No im saying there are people out there who dont need to be taking up space! 
To which id rather a mouse take there spot!


----------



## KWKW (Nov 3, 2007)

abbott75 said:


> So you're saying you would die to save something like a mouse?


 
It wasnt a crack at me was it? 

dont think you read it right! read it again

To even think about putting someone you dont know in the same bracket as those people i mentioned in insane!


----------



## JoandDrew (Nov 3, 2007)

Jen said:


> i agree totally with sustainable harvest, but, and i know this is off topic, shark fin is not harvested in a sustainable or responsible manner. I have no problem with slaughter houses, i eat meat and we sometimes slaughter our own, but to cut off an animals fin, then let it just slide back into the water to die by drowning is inhumane


Im with you on that, why waste the rest of the animal, for goodness sake, they should use the meat, or export it to countries that would. I hate the waste..:cry:


----------



## JoandDrew (Nov 3, 2007)

This is a very controversial topic, and as humans we will all have our own opinion, and it would take quite a bit to convince me to change my thoughts on the topic. I think we could argue this forever and never all agree. So I think we should do our best, to do the right things by the animals in our lives, and show respect to any we encounter on our journeys. Never support the killings we personally dont believe are right, and pray that the stupid human race, doesnt bring any more animals to extinction..


----------



## PhilK (Nov 3, 2007)

There is a simple fact that stops this argument in its tracks: if it is environmentally sustainable, there is nothing more wrong with dolphin slaughter than with cattle or sheep slaughter. 

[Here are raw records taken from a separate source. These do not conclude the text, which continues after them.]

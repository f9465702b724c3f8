//! How numbers are read and written: by their type, or by a count of places that is said at run time.
ghost use Rattle.std.specs.Prelude.{◌≡◌, ◌≤◌, ◌<◌, ℕ, true, List, Option, Some, IfSome, length};
ghost use Rattle.std.proofs.Common.{sym};
ghost use Rattle.wkt_num.specs.DigitParts.{most_plain, most_whole, IsDecimalText};
ghost use Rattle.wkt_num.specs.Decimal.{read_decimal, decimal_text, IsUnits};
ghost use Rattle.wkt_num.specs.DecimalLaws.{decimal_reads_back, decimal_reads_values, decimal_number_text};
ghost use Rattle.wkt_num.specs.Sink.{Puts};
ghost use Rattle.wkt_num.specs.Number.{IsNumberText, ReadsTexts, KeepsText, BeginsNumber};

use crate::in_window::units_in_window;
use crate::kept::canonical_prefix;
use crate::number::WktNum;
use crate::powers::SHORT_PLACES;
use crate::printing::write_units;
use crate::reading::{read_signed, split_sign};
use crate::sink::TextSink;
use std::fmt;
use std::marker::{Model, PhantomData};

/// How the numbers of a text are read and written. It goes along with what is made of the text.
pub trait Numbers: Copy {
    /// What a number is.
    type Number: WktNum;

    /// Holds of the numbers that are read and written.
    ghost is_value: { Self → Self.Number → Type 0 };

    /// The text of a number.
    ghost num: { Self → Self.Number → List ℕ };

    /// What a text is read as.
    ghost read: { Self → List ℕ → Option Self.Number };

    /// The number that the text stands for, or `None` if it stands for none.
    fn read_number(self, text: &str) -> Option<Self::Number>
        ensures { result ≡ read self text.now };

    /// Adds the number's text to the sink. An error is the sink's.
    fn write_number<W: TextSink>(self, number: Self::Number, f: &mut W) -> fmt::Result
        ensures { Puts W.sink f.old (num self number) f.new result };

    /// As `WktNum::canonical_prefix`.
    fn canonical_prefix(self, bytes: &[u8]) -> Option<(usize, usize)>
        requires { 32 ≤ length bytes.now }
        ensures keeps { IfSome result (λ r. KeepsText (read self) (num self) bytes.now r.0 r.1) }
        ensures within { IfSome result (λ r. r.0 < 32) };

    /// As `WktNum::read_in_window`.
    fn read_in_window(self, bytes: &[u8]) -> Option<(Self::Number, usize)>
        requires { 32 ≤ length bytes.now }
        ensures reads { IfSome result (λ r. BeginsNumber (read self) bytes.now r.0 r.1) }
        ensures within { IfSome result (λ r. r.1 < 32) };

    /// As `WktNum::reads_texts`.
    fn reads_texts(self) -> bool
        ensures { result ≡ true → ReadsTexts (read self) };

    /// The text of a number reads back as the number.
    ghost reads_back: { (s : Self) (x : Self.Number) → is_value s x → read s (num s x) ≡ Some x };

    /// What is read is one of its numbers.
    ghost reads_values: { (s : Self) (bs : List ℕ) → IfSome (read s bs) (is_value s) };

    /// The text of a number is one number run.
    ghost number_text: { (s : Self) (x : Self.Number) → is_value s x → IsNumberText (num s x) };
}

/// The numbers of a type. It takes no byte.
#[derive(Clone, Copy)]
pub struct OfType<T> {
    of: PhantomData<T>,
}

impl<T> OfType<T> {
    /// The numbers of the type `T`.
    #[inline(always)]
    pub fn new() -> OfType<T> {
        OfType { of: PhantomData }
    }
}

impl<T: WktNum> Numbers for OfType<T> {
    type Number = T;

    ghost is_value = { λ _. T.is_value };

    ghost num = { λ _. T.num };

    ghost read = { λ _. T.read };

    ghost reads_back = { λ _. T.reads_back };

    ghost reads_values = { λ _. T.reads_values };

    ghost number_text = { λ _. T.number_text };

    #[inline(always)]
    fn read_number(self, text: &str) -> Option<T> {
        T::read_number(text)
    }

    #[inline(always)]
    fn write_number<W: TextSink>(self, number: T, f: &mut W) -> fmt::Result {
        number.write_number(f)
    }

    #[inline(always)]
    fn canonical_prefix(self, bytes: &[u8]) -> Option<(usize, usize)> {
        T::canonical_prefix(bytes)
    }

    #[inline(always)]
    fn read_in_window(self, bytes: &[u8]) -> Option<(T, usize)> {
        T::read_in_window(bytes)
    }

    #[inline(always)]
    fn reads_texts(self) -> bool {
        T::reads_texts()
    }
}

/// Decimals of so many places, at most 36. A number is its units of ten to the minus `places`.
#[derive(Clone, Copy)]
pub struct Places {
    places: u32,
    // What `most_plain` and `most_whole` return, at hand for each number that is kept.
    plain: u16,
    whole: u16,
}

impl Model for Places {
    ghost Value = { ℕ };

    ghost view = { λ p. p.places };

    ghost invariant = { λ p. (p.places ≤ 36) × (p.plain ≡ most_plain p.places) × (p.whole ≡ most_whole p.places) };

    ghost inverse = { λ places. record { places = places; plain = most_plain places; whole = most_whole places } };

    ghost inverse_ok = { λ p h i. record { places = p.places; plain = sym h.1 i; whole = sym h.2 i } };
}

impl Places {
    /// Decimals of so many places.
    #[inline(always)]
    pub fn new(places: u32) -> Places
        requires { places ≤ 36 }
        ensures { result ≡ places }
    {
        // Up to 18 places the units of 20 digits before the point fit, beyond these of 38 digits in all.
        let (plain, whole) = if places > SHORT_PLACES {
            (40 - places, 38 - places)
        } else {
            (places + 2, 20)
        };
        Places {
            places,
            plain: plain as u16,
            whole: whole as u16,
        }
    }

    /// How many places.
    #[inline(always)]
    pub fn places(self) -> u32
        ensures is { result ≡ self }
        ensures few { result ≤ 36 }
    {
        self.places
    }

    /// How many bytes a number with a point may have whose units surely fit, where neither the first nor the last digit is
    /// a zero.
    #[inline(always)]
    pub(crate) fn most_plain(self) -> usize
        ensures most { result ≡ most_plain self }
        ensures few { self ≤ 36 }
    {
        self.plain as usize
    }

    /// How many digits may stand before the point, so that the units surely fit.
    #[inline(always)]
    pub(crate) fn most_whole(self) -> usize
        ensures most { result ≡ most_whole self }
        ensures few { self ≤ 36 }
    {
        self.whole as usize
    }
}

impl Numbers for Places {
    type Number = i128;

    ghost is_value = { IsUnits };

    ghost num = { decimal_text };

    ghost read = { read_decimal 127 36 };

    ghost reads_back = { decimal_reads_back };

    ghost reads_values = { decimal_reads_values };

    ghost number_text = { decimal_number_text };

    #[inline(always)]
    #[tactic(auto, using(crate::proofs::ReadNumbers::read_far, std::proofs::lemmas::Int::ints))]
    fn read_number(self, text: &str) -> Option<i128> {
        let (negative, body) = split_sign(text.as_bytes());
        read_signed(self.places, negative, body)
    }

    #[inline(never)]
    fn write_number<W: TextSink>(self, number: i128, f: &mut W) -> fmt::Result {
        let (negative, units) = (number < 0, number.unsigned_abs());
        // In each arm the power of ten is a constant, and a division by it a multiplication.
        match self.places {
            0 => write_units(0, negative, units, f),
            1 => write_units(1, negative, units, f),
            2 => write_units(2, negative, units, f),
            3 => write_units(3, negative, units, f),
            4 => write_units(4, negative, units, f),
            5 => write_units(5, negative, units, f),
            6 => write_units(6, negative, units, f),
            7 => write_units(7, negative, units, f),
            8 => write_units(8, negative, units, f),
            9 => write_units(9, negative, units, f),
            10 => write_units(10, negative, units, f),
            11 => write_units(11, negative, units, f),
            12 => write_units(12, negative, units, f),
            13 => write_units(13, negative, units, f),
            14 => write_units(14, negative, units, f),
            15 => write_units(15, negative, units, f),
            16 => write_units(16, negative, units, f),
            17 => write_units(17, negative, units, f),
            18 => write_units(18, negative, units, f),
            places => write_units(places, negative, units, f),
        }
    }

    #[inline(always)]
    fn canonical_prefix(self, bytes: &[u8]) -> Option<(usize, usize)>
        requires { 32 ≤ length bytes.now }
        ensures keeps { IfSome result (λ r. KeepsText (read_decimal 127 36 self) (decimal_text self) bytes.now r.0 r.1) }
        ensures within { IfSome result (λ r. r.0 < 32) }
        ensures finds { (end : ℕ) → IsDecimalText self bytes.now end → end < 32 → result ≡ Some (end, end) }
    {
        canonical_prefix(self, bytes)
    }

    #[inline(always)]
    fn read_in_window(self, bytes: &[u8]) -> Option<(i128, usize)> {
        units_in_window(self.places, bytes)
    }

    #[inline(always)]
    #[tactic(auto, using(crate::proofs::ReadNumbers::decimal_utf8))]
    fn reads_texts(self) -> bool {
        true
    }
}
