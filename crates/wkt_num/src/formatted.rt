//! A formatter as a sink.
ghost use Rattle.std.specs.Prelude.{◌≡◌};

use crate::sink::TextSink;
use std::fmt;
use std::fmt::Formatter;

/// A formatter as a [`TextSink`]: text goes out as it is, whatever width, fill or precision the
/// formatter has. `Display` goes through it.
#[derive(Drop)]
pub struct FormatterText<'a, W: fmt::Write> {
    formatter: &'a mut Formatter<W>,
    failures: u64,
}

impl<'a, W: fmt::Write> FormatterText<'a, W> {
    ghost use Rattle.wkt_num.specs.Borrowed.{formatter_of, formatted_failures};

    /// A sink that has been given nothing yet.
    pub fn new(formatter: &'a mut Formatter<W>) -> FormatterText<'a, W>
        ensures formatter { formatter_of result ≡ formatter.entry }
        ensures failures { formatted_failures result ≡ 0 }
    {
        FormatterText {
            formatter,
            failures: 0,
        }
    }

    /// Gives the formatter back.
    pub fn into_formatter(self) -> &'a mut Formatter<W>
        ensures { result ≡ formatter_of self.entry }
    {
        self.formatter
    }
}

impl<'a, W: fmt::Write> TextSink for FormatterText<'a, W> {
    ghost use Rattle.wkt_num.specs.Borrowed.{formatted_sink};

    ghost sink = { formatted_sink W.write_str_gives };

    fn write_str(&mut self, piece: &str) -> fmt::Result {
        match self.formatter.write_str(piece) {
            Ok(()) => Ok(()),
            Err(e) => {
                self.failures = self.failures.wrapping_add(1);
                Err(e)
            }
        }
    }
}
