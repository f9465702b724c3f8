//! Numbers that a window shows whole, read in one pass.
ghost use Rattle.std.specs.Prelude.{◌≡◌, ◌==◌, ◌+◌, ◌≤◌, ◌<◌, ◌^◌, IfSome, length, slice_range, take};
ghost use Rattle.std.specs.Fmt.{sign_text};
ghost use Rattle.std.specs.Str.Parse.{AllDigits, digits_value};
ghost use Rattle.wkt_num.specs.Decimal.{read_decimal};
ghost use Rattle.wkt_num.specs.Number.{BeginsNumber};
ghost use Rattle.wkt_num.specs.DigitParts.{ShowsWhole};
ghost use Rattle.wkt_num.specs.Whole.{signed};

use crate::kept::{after_minus, first_other, is_of_run, others_from};
use crate::lanes::first_8;
use crate::powers::{SHORT_PLACES, ten_to};
use std::simd::prelude::*;

/// The most digits before the point.
const MOST_WHOLE: usize = 8;

/// The units of the number that the bytes begin with, and where its run ends, if it does so among the first 32. `None`
/// implies nothing about the bytes: their run may be none, or be written in another way, or have more digits.
#[inline(always)]
pub(crate) fn units_in_window(places: u32, bytes: &[u8]) -> Option<(i128, usize)>
    requires { 32 ≤ length bytes.now }
    ensures reads { IfSome result (λ r. BeginsNumber (read_decimal 127 36 places) bytes.now r.0 r.1) }
    ensures within { IfSome result (λ r. r.1 < 32) }
    ensures places { IfSome result (λ r. places ≤ 36) }
{
    if places > SHORT_PLACES {
        return None;
    }
    let first = after_minus(bytes);
    let others = others_from(bytes, first);
    let Some(point) = first_other(bytes, first, others) else {
        return None;
    };
    if point == first || point - first > MOST_WHOLE {
        return None;
    }
    let whole = eight_from(bytes, first, point - first);
    if bytes[point] != b'.' {
        if is_of_run(bytes[point]) {
            return None;
        }
        let units = u128::from(whole) * u128::from(ten_to(places));
        return Some((with_sign(first == 1, units), point));
    }
    let Some(end) = first_other(bytes, point + 1, others & (others - 1)) else {
        return None;
    };
    let after = end - point - 1;
    if after == 0 || after > 16 || after > places as usize || is_of_run(bytes[end]) {
        return None;
    }
    let fraction = sixteen_from(bytes, point + 1, after);
    let units = u128::from(whole) * u128::from(ten_to(places))
        + u128::from(fraction * ten_to(places - after as u32));
    Some((with_sign(first == 1, units), end))
}

/// The magnitude with its sign.
#[inline(always)]
fn with_sign(negative: bool, magnitude: u128) -> i128
    requires { magnitude < 2 ^ 127 }
    ensures { result ≡ signed negative magnitude }
{
    let units = magnitude as i128;
    if negative { -units } else { units }
}

/// The number that one to eight digits spell.
#[inline(always)]
#[tactic(auto, using(crate::proofs::DigitLanes::given_lanes, crate::proofs::NumberInWindow::digits_small))]
fn eight_from(bytes: &[u8], from: usize, count: usize) -> u64
    requires within { from + 8 ≤ length bytes.now }
    requires some { 0 < count }
    requires few { count ≤ 8 }
    requires digits { AllDigits 10 (slice_range bytes.now from (from + count)) }
    ensures value { result ≡ digits_value 10 (slice_range bytes.now from (from + count)) }
    ensures small { result < 10 ^ count }
{
    first_8(u8x8::from_slice(&bytes[from..]) - u8x8::splat(48), count)
}

/// The number that one to sixteen digits spell.
#[inline(always)]
fn sixteen_from(bytes: &[u8], from: usize, count: usize) -> u64
    requires within { from + 16 ≤ length bytes.now }
    requires some { 0 < count }
    requires few { count ≤ 16 }
    requires digits { AllDigits 10 (slice_range bytes.now from (from + count)) }
    ensures value { result ≡ digits_value 10 (slice_range bytes.now from (from + count)) }
    ensures small { result < 10 ^ count }
{
    let first = eight_from(bytes, from, count.min(8));
    if count <= 8 {
        return first;
    }
    first * ten_to(count as u32 - 8) + eight_from(bytes, from + 8, count - 8)
}

/// What the digits from `first` on spell, which are a run or its end, and where they end.
#[inline(always)]
pub(crate) fn digits_in_window(most: usize, bytes: &[u8], first: usize) -> Option<(u64, usize)>
    requires window { 32 ≤ length bytes.now }
    requires most { most ≤ 16 }
    requires minus { first ≤ 1 }
    requires sign { take first bytes.now ≡ sign_text (first == 1) }
    ensures { IfSome result (λ r. ShowsWhole most bytes.now first r.0 r.1) }
{
    let others = others_from(bytes, first);
    let Some(end) = first_other(bytes, first, others) else {
        return None;
    };
    if end == first || end - first > most || is_of_run(bytes[end]) {
        return None;
    }
    Some((sixteen_from(bytes, first, end - first), end))
}
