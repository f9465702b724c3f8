//! Where text goes to.
ghost use Rattle.wkt_num.specs.Sink.{Sink, Puts};

use std::fmt;

/// A sink of text, which knows what it was given and how often it has failed.
///
/// [`CountedText`](crate::CountedText) makes one of any `fmt::Write`.
pub trait TextSink {
    /// What calls give it, what a call that fails leaves, and how many have failed: `revealing` for a
    /// sink that reveals its text.
    ghost sink: { Sink Self };

    /// Adds a piece of text. After an error a beginning of the piece, or nothing of it, was added.
    fn write_str(&mut self, piece: &str) -> fmt::Result
        ensures { Puts sink self.old piece.now self.new result };
}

For those that think because they are intelligent and loveable killing them is wrong, it is not up to you to decide what deserves to live and what doesnt. Much less based on intelligence and cuteness.

KWKW you have some odd views (odd to me, this isn't a personal dig), but if you honestly think that humans aren't the top of the species... I guess that is up to you, isn't it? Most humans will agree that animals lives are simply not as important as a human life. I'd be in that boat for sure.


----------



## $NaKe PiMp (Nov 3, 2007)

so if your studying to become a vet ,why bother?animals lives arent important.
become a doctor dude


but also if people want to eat dolphin go for it
if you can deal with the controversy theres nothing stopping you


----------



## PhilK (Nov 3, 2007)

Please quote where I said animal lives aren't important? I never said that, and I don't believe that to be the case. I love animals, hence making my whole life about them. But that doesn't mean I think a dog/cat/snake/dolphin's life is more important than the bloke down the road's.


----------



## $NaKe PiMp (Nov 3, 2007)

well your prob best becoming a doctor,
your very passionate about humans
and you think animals are sort of ok but not that important but you would like to save them for something to do 
its ok dude no ones gonna hate on you for your opinion


----------



## Aussie Python Lover (Nov 3, 2007)

*yawns* this crap has gone on for centeries do you really think it is going to stop now???? No other wise it wouldve been done by now... Im over with the drama of it all is quite pathetic really....But personally imo I wouldnt eat dolphin..


----------



## kelly (Nov 3, 2007)

I'm vegan and I have exactly the same views as Phil. So are you saying I'm not passionate about animals either?
As long as an animal is not endangered or protected, what is the problem in killing it for food? Yes, I agree that it should never be done in an inhumane way - but you can't place a higher value on an animal just because it is "cuter" and "more intelligent" than others.


----------



## $NaKe PiMp (Nov 3, 2007)

no i dont think its gonna stop
and i wouldnt eat it either
we can only look after whats goin on in our waters


----------



## kelly (Nov 3, 2007)

Why wouldn't you eat dolphin?


----------



## Radar (Nov 3, 2007)

waruikazi said:


> Now for my most controversial statement. I think i would prefer to eat a humanely killed wild animal than a humanely killed captive animal. Atleast when they are wild they get to live like they are meant to, eating what they are meant to and breeding like they are meant to. Wild populations (in their native habitat) do not damage biodiversity like sheep and cattle farms do. How much more cruel is it to breed and raise animals in a pen, fatten them up as quick as possible and then kill them than to allow them to live life they way they always have and then use them for food?


 
This I totally agree with, on one condition, it IS DONE HUMANELY. Putting cattle and sheep onto our land is the single BIGGEST ecological mistake we have ever made, especially when we have things like 'roos that are much healthier to eat and show populations growth capable of maintianing a sustainable harvest, but that is not the issue here. 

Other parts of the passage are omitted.